Every line containing the word "NoMemory" must be pulled from the records.

[DATA PROVIDED]

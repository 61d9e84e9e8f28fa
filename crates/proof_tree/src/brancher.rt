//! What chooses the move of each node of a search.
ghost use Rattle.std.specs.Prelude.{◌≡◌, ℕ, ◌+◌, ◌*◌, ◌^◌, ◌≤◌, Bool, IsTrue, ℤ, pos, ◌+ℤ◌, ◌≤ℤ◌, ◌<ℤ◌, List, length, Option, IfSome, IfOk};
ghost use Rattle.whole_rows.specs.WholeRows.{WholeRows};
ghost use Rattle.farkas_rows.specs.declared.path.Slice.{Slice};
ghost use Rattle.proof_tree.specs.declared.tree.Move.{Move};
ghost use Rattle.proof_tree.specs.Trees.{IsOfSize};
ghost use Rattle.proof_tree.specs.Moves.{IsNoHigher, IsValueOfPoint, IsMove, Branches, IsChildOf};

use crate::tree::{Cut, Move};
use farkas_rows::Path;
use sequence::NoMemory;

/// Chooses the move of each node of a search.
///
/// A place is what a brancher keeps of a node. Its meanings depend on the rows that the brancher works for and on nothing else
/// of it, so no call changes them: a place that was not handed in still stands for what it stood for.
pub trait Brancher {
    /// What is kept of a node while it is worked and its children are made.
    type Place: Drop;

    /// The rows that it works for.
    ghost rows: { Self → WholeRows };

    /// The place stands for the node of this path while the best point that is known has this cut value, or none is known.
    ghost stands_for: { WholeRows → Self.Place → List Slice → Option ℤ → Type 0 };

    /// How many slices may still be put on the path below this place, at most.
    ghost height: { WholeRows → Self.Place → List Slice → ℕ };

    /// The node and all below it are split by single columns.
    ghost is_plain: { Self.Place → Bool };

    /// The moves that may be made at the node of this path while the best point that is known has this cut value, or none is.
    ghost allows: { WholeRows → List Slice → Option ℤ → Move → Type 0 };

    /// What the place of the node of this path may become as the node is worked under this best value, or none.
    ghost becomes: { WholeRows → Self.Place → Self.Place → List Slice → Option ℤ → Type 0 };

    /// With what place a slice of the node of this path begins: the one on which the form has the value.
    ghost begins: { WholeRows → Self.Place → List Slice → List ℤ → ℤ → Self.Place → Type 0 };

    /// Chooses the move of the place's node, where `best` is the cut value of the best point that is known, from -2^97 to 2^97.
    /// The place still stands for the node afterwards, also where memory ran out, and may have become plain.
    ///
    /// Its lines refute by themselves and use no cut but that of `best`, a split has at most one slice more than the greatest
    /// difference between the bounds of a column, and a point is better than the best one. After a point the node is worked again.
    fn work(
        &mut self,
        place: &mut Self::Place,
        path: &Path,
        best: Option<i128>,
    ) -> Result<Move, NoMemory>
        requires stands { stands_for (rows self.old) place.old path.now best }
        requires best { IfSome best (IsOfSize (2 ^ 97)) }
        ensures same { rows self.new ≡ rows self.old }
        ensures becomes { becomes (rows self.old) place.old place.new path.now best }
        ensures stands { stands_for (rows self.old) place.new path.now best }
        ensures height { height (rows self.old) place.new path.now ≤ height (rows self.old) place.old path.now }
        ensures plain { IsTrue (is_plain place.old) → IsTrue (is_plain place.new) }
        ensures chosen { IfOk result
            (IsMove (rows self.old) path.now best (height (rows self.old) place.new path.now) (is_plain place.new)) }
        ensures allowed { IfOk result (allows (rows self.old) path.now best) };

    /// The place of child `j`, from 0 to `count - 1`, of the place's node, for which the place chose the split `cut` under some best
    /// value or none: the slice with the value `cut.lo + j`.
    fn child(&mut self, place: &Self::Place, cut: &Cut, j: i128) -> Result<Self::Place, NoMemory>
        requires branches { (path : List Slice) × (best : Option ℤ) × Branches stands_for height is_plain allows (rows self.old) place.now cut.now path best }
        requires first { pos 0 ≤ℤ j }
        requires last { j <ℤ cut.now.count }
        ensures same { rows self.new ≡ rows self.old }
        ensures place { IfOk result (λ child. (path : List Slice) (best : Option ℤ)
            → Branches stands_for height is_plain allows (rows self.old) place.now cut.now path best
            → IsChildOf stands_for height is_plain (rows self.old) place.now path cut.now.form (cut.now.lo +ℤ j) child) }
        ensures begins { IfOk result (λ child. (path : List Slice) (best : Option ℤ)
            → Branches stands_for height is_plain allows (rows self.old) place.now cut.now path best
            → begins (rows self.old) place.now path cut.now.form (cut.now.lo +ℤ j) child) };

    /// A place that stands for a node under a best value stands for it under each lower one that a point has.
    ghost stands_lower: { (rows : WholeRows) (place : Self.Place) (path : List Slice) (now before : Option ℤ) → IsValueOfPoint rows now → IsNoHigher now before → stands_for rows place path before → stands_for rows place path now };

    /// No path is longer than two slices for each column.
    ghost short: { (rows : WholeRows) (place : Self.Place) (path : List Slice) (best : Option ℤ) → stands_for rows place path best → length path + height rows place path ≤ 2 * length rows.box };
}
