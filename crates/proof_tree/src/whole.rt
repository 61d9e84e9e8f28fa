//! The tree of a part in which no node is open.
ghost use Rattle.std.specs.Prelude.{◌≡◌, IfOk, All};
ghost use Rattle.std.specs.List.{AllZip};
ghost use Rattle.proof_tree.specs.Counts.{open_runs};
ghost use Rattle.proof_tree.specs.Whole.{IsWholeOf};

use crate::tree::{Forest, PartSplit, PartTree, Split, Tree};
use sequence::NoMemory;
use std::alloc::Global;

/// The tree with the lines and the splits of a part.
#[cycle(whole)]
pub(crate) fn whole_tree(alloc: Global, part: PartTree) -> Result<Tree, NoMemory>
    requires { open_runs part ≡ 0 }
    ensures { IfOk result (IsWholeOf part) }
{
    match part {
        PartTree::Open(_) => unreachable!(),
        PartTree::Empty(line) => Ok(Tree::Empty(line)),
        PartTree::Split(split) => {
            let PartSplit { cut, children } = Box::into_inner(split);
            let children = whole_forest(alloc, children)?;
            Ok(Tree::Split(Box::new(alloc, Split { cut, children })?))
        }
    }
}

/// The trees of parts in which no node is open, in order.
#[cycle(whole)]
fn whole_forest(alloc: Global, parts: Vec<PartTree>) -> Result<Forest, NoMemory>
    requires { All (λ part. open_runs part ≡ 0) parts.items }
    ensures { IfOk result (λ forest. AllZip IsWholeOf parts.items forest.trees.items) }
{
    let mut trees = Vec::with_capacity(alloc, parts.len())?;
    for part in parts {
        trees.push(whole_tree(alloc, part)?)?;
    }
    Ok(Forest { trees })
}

[/DATA PROVIDED]
[DATA PROVIDED]

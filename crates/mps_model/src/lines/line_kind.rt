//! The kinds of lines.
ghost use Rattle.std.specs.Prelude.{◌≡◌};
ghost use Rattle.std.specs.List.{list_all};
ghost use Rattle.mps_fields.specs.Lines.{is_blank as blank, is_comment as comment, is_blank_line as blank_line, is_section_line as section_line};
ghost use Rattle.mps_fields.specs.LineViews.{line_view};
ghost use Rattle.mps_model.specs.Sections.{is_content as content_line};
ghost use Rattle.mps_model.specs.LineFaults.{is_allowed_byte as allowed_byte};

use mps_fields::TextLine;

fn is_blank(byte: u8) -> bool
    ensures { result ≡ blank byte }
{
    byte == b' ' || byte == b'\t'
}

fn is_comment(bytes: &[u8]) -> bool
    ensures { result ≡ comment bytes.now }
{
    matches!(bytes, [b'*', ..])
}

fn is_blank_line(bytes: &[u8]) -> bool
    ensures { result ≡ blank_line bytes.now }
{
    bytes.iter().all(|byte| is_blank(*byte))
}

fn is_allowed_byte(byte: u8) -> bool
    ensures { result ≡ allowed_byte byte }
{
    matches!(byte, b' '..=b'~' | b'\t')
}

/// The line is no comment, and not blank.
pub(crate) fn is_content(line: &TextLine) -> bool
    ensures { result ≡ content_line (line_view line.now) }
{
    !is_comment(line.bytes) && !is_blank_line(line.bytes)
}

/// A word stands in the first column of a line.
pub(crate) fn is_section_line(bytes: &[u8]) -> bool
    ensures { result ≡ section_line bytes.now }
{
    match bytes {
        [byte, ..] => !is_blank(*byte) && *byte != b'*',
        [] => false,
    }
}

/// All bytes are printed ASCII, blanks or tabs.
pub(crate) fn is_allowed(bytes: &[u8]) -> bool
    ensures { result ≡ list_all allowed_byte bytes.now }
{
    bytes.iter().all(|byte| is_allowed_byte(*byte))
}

[/DATA PROVIDED]

WRITTEN RESPONSE:
use sequence::NoMemory;
    ) -> Result<Move, NoMemory>
    fn child(&mut self, place: &Self::Place, cut: &Cut, j: i128) -> Result<Self::Place, NoMemory>
use sequence::NoMemory;
pub(crate) fn whole_tree(alloc: Global, part: PartTree) -> Result<Tree, NoMemory>
fn whole_forest(alloc: Global, parts: Vec<PartTree>) -> Result<Forest, NoMemory>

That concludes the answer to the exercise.